> [TASK OBJECTIVE] Go through the entries below from the first line and output each one exactly, up to and including the line with "pub fn inspect_in(&self, guard: &mut".

> [EXTRACTED MATERIAL]
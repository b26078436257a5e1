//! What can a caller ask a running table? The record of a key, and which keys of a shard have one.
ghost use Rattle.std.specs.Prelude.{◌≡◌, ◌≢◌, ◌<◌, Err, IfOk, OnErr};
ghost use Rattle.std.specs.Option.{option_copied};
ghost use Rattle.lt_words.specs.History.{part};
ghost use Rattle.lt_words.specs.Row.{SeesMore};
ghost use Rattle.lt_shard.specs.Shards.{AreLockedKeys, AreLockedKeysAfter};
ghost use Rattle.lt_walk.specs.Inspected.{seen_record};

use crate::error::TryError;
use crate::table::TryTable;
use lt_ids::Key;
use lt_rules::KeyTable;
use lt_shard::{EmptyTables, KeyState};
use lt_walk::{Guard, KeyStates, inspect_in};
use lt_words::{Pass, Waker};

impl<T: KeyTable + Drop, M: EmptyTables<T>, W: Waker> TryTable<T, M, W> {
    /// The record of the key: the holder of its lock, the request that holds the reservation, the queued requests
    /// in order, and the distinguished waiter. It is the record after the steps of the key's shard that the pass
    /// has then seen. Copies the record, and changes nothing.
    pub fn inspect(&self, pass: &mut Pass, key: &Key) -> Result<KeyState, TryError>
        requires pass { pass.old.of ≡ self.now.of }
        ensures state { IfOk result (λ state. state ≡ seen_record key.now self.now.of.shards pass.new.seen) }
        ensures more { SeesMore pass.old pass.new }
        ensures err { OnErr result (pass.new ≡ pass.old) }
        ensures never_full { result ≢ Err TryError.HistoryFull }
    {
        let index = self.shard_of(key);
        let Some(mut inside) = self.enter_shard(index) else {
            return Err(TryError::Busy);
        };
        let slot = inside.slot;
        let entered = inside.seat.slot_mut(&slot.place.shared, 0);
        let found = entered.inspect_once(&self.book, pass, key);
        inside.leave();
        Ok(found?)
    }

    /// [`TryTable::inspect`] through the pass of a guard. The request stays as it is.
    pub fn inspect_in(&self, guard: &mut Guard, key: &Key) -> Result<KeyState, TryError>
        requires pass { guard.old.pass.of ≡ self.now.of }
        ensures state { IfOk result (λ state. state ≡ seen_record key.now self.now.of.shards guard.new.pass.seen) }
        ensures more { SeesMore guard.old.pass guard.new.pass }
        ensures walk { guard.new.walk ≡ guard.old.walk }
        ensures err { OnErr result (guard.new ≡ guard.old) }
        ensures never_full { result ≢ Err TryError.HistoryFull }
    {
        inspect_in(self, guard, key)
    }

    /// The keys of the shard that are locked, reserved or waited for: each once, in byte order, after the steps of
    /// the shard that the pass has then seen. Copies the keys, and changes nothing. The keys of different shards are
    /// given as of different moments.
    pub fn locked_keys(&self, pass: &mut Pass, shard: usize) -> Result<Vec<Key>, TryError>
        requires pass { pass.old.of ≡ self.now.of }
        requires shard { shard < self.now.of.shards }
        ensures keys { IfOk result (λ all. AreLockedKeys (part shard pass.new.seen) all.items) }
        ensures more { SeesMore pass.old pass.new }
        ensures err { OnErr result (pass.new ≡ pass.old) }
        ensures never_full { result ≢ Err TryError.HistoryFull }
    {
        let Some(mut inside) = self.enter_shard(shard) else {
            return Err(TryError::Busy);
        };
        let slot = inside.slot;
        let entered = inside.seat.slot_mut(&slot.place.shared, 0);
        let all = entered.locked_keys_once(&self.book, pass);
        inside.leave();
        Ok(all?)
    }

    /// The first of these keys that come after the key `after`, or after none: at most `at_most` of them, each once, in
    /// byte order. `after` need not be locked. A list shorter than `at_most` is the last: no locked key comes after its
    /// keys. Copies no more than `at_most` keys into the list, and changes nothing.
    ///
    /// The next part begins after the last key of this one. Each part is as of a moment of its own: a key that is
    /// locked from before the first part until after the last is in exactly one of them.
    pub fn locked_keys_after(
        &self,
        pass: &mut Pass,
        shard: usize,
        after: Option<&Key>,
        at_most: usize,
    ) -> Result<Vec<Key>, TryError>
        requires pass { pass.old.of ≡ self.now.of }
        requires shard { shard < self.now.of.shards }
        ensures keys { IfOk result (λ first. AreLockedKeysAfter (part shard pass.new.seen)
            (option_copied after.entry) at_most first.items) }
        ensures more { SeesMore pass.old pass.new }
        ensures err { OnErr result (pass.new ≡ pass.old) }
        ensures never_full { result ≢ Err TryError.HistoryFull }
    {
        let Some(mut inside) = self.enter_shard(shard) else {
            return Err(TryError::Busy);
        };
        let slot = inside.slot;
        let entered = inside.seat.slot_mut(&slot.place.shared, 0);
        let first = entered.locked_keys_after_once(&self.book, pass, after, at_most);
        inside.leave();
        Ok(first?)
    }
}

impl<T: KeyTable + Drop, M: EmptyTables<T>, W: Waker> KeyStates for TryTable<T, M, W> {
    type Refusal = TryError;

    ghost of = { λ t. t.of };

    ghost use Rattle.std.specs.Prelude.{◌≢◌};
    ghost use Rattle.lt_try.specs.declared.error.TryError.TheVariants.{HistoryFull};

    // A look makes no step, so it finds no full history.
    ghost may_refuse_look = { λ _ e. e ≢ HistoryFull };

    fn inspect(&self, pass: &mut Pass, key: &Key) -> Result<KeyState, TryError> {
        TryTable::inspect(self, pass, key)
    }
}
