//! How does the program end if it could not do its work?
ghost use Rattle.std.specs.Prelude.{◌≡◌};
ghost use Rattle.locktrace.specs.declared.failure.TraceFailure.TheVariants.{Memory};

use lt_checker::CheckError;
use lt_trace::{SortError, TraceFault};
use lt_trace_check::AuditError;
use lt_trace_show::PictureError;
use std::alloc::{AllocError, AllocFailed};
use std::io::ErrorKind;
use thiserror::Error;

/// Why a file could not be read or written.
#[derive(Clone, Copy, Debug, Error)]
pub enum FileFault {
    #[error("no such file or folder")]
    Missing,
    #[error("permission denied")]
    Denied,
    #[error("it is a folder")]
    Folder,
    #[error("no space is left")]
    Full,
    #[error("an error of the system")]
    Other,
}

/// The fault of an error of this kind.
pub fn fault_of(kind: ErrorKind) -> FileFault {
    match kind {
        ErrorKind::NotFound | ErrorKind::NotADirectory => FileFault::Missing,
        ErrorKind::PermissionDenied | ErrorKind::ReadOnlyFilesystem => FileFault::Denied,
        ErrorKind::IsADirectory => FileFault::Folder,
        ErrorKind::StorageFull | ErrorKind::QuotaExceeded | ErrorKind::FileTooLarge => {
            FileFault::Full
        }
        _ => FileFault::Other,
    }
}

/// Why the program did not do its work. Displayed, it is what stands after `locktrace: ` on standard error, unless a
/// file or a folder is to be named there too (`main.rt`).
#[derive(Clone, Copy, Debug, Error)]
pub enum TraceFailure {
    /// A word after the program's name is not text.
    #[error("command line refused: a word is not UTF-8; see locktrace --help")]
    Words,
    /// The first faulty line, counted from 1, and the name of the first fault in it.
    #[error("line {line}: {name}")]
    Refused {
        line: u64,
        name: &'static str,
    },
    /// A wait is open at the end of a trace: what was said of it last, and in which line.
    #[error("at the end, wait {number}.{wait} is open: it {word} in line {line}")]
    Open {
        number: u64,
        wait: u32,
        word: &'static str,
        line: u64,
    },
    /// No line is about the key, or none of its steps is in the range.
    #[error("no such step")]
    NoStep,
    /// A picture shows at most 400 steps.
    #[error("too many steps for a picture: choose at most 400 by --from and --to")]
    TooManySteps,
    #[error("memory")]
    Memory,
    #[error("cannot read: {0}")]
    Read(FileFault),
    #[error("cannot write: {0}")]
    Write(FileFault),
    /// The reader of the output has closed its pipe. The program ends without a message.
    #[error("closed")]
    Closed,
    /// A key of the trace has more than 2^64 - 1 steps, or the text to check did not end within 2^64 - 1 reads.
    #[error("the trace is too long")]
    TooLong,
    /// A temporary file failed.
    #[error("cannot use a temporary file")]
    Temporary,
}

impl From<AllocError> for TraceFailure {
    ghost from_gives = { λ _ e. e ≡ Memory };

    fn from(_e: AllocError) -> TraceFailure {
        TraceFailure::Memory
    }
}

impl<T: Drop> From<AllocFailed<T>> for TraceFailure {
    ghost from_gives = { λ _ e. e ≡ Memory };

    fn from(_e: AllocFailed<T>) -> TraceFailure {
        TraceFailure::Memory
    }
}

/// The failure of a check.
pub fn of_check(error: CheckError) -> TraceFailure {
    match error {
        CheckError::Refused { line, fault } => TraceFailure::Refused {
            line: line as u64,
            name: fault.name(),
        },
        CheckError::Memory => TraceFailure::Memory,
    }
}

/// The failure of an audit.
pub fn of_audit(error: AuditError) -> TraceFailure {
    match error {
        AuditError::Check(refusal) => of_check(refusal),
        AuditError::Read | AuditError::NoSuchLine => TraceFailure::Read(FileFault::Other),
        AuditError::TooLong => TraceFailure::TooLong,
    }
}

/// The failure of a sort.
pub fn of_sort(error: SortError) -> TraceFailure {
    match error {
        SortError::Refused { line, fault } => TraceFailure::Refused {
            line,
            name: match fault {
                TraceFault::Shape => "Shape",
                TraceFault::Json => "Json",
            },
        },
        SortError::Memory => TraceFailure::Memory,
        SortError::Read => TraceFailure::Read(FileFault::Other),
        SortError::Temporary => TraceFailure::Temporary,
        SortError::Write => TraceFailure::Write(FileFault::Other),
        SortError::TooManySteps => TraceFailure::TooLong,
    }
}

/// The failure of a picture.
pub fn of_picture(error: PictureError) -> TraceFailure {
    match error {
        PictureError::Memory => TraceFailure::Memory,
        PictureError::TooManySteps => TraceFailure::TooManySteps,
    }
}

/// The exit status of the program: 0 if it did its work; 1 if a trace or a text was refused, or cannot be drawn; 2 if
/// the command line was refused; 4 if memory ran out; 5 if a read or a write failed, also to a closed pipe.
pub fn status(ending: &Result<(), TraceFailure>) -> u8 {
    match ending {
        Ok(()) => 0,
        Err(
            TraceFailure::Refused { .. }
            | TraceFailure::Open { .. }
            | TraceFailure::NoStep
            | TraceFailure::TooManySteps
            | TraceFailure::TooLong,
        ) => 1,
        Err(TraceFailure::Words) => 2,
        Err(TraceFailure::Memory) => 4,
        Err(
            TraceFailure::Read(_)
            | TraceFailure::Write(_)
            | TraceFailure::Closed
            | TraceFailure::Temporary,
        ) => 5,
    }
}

> [SOLUTION TO THIS EXERCISE]
repository b26078436257a5e1
//! What can a caller ask a running table? The record of a key, and which keys of a shard have one.
ghost use Rattle.std.specs.Prelude.{◌≡◌, ◌≢◌, ◌<◌, Err, IfOk, OnErr};
ghost use Rattle.std.specs.Option.{option_copied};
ghost use Rattle.lt_words.specs.History.{part};
ghost use Rattle.lt_words.specs.Row.{SeesMore};
ghost use Rattle.lt_shard.specs.Shards.{AreLockedKeys, AreLockedKeysAfter};
ghost use Rattle.lt_walk.specs.Inspected.{seen_record};

use crate::error::TryError;
use crate::table::TryTable;
use lt_ids::Key;
use lt_rules::KeyTable;
use lt_shard::{EmptyTables, KeyState};
use lt_walk::{Guard, KeyStates, inspect_in};
use lt_words::{Pass, Waker};

impl<T: KeyTable + Drop, M: EmptyTables<T>, W: Waker> TryTable<T, M, W> {
    /// The record of the key: the holder of its lock, the request that holds the reservation, the queued requests
    /// in order, and the distinguished waiter. It is the record after the steps of the key's shard that the pass
    /// has then seen. Copies the record, and changes nothing.
    pub fn inspect(&self, pass: &mut Pass, key: &Key) -> Result<KeyState, TryError>
        requires pass { pass.old.of ≡ self.now.of }
        ensures state { IfOk result (λ state. state ≡ seen_record key.now self.now.of.shards pass.new.seen) }
        ensures more { SeesMore pass.old pass.new }
        ensures err { OnErr result (pass.new ≡ pass.old) }
        ensures never_full { result ≢ Err TryError.HistoryFull }
    {
        let index = self.shard_of(key);
        let Some(mut inside) = self.enter_shard(index) else {
            return Err(TryError::Busy);
        };
        let slot = inside.slot;
        let entered = inside.seat.slot_mut(&slot.place.shared, 0);
        let found = entered.inspect_once(&self.book, pass, key);
        inside.leave();
        Ok(found?)
    }

    /// [`TryTable::inspect`] through the pass of a guard. The request stays as it is.
    pub fn inspect_in(&self, guard: &mut Guard, key: &Key) -> Result<KeyState, TryError>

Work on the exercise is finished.